Piazza, gente e fontana
Piazza di Spagna con la Barcaccia davanti

Un viaggio a Roma spendendo poco? Ecco i monumenti e i luoghi che si possono visitare gratuitamente, da Piazza di Spagna ai Fori Imperiali, passando per la Basilica di San Pietro.

“Le cose belle costano”, si dice, e le cose belle da vedere in un viaggio a Roma, sono ovviamente tantissime. Ma persino i monumenti e i luoghi più famosi della capitale si possono visitare gratis, magari in un week-end: vediamo quali sono. Ecco alcuni esempi.

Piazza di Spagna

Cominciamo dalla celeberrima e centralissima Piazza di Spagna, indissolubilmente legata al mondo della moda e alla storia del cinema italiano, visto che le è dedicato il film “Le ragazze di Piazza di Spagna” (1952) con Lucia Bosè. Il suo nome si deve al fatto che qui abbia sede l’ambasciata spagnola.
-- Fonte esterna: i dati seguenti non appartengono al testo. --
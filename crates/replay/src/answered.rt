// What the acts of a plan returned.
ghost use Rattle.std.specs.Prelude.{◌≡◌, min, take};
ghost use Rattle.replay.specs.Replies.{reply_in};

use control::{Answer, Refused};
use records::{AlarmRecord, PeriodRecord};
use station::View;

/// What one act came to.
#[derive(Clone, Copy)]
pub struct Answered {
    /// What the act itself returned.
    pub outcome: Outcome,
    /// What an observer sees of the station right after the act.
    pub view: View,
}

/// What an act returned; `Refused` tells the cause of a refusal (docs/RULES.md, "Refusals").
#[derive(Clone, Copy)]
pub enum Outcome {
    /// Of a second, which is never refused.
    Second(SecondOutcome),
    /// Of a command line: its reply, or refusal 4 to 9 or 11.
    Line(Result<Reply, Refused>),
    /// Of a breaker reset: refusal 10 if the station was not tripped.
    Reset(Result<(), Refused>),
}

/// What a second came to.
#[derive(Clone, Copy)]
pub struct SecondOutcome {
    /// The lamp word that the station was given, `ok` worked out.
    pub word: u32,
    /// Colour, phase, advance sign, and the trip of this second, if any.
    pub answer: Answer,
    /// The record of the period that closed in this second, if one did.
    pub period: Option<PeriodRecord>,
    /// The record of the alarm, if the station tripped in this second.
    pub alarm: Option<AlarmRecord>,
}

/// The reply to a command line that was taken: 0 bytes, or those of a status reading, at most 34
/// (docs/RULES.md, "Command lines"). It is held without allocation.
#[derive(Clone, Copy)]
pub struct Reply {
    bytes: [u8; 34],
    // How many of the bytes are the reply's.
    length: usize,
}

impl Reply {
    /// The first `bytes` bytes of an answer buffer, at most 34.
    pub(crate) fn of(buffer: &[u8], bytes: usize) -> Reply
        ensures { reply_in result ≡ take (min bytes 34) buffer.now }
    {
        let length = bytes.min(34).min(buffer.len());
        let mut kept = [0; 34];
        kept[..length].copy_from_slice(&buffer[..length]);
        Reply {
            bytes: kept,
            length,
        }
    }

    /// The bytes of the reply; empty for a line that is no status reading.
    pub fn as_slice(&self) -> &[u8]
        ensures { result.now ≡ reply_in self.now }
    {
        &self.bytes[..self.length.min(34)]
    }
}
Famosi in tutto il mondo sono la sua scalinata che va verso la Chiesa di Trinità dei Monti, l’Obelisco Sallustiano – uno dei 13 obelischi di Roma, che prende il nome dagli Horti Sallustiani, i giardini fatti creare dallo storico e senatore latino Sallustio nel I secolo a.C. – e la Fontana della Barcaccia di Gian Lorenzo Bernini (1598 – 1680). Piazza di Spagna è collegata a via del Corso da un’altra famosa via, l’esclusiva via dei Condotti o più comunemente via Condotti.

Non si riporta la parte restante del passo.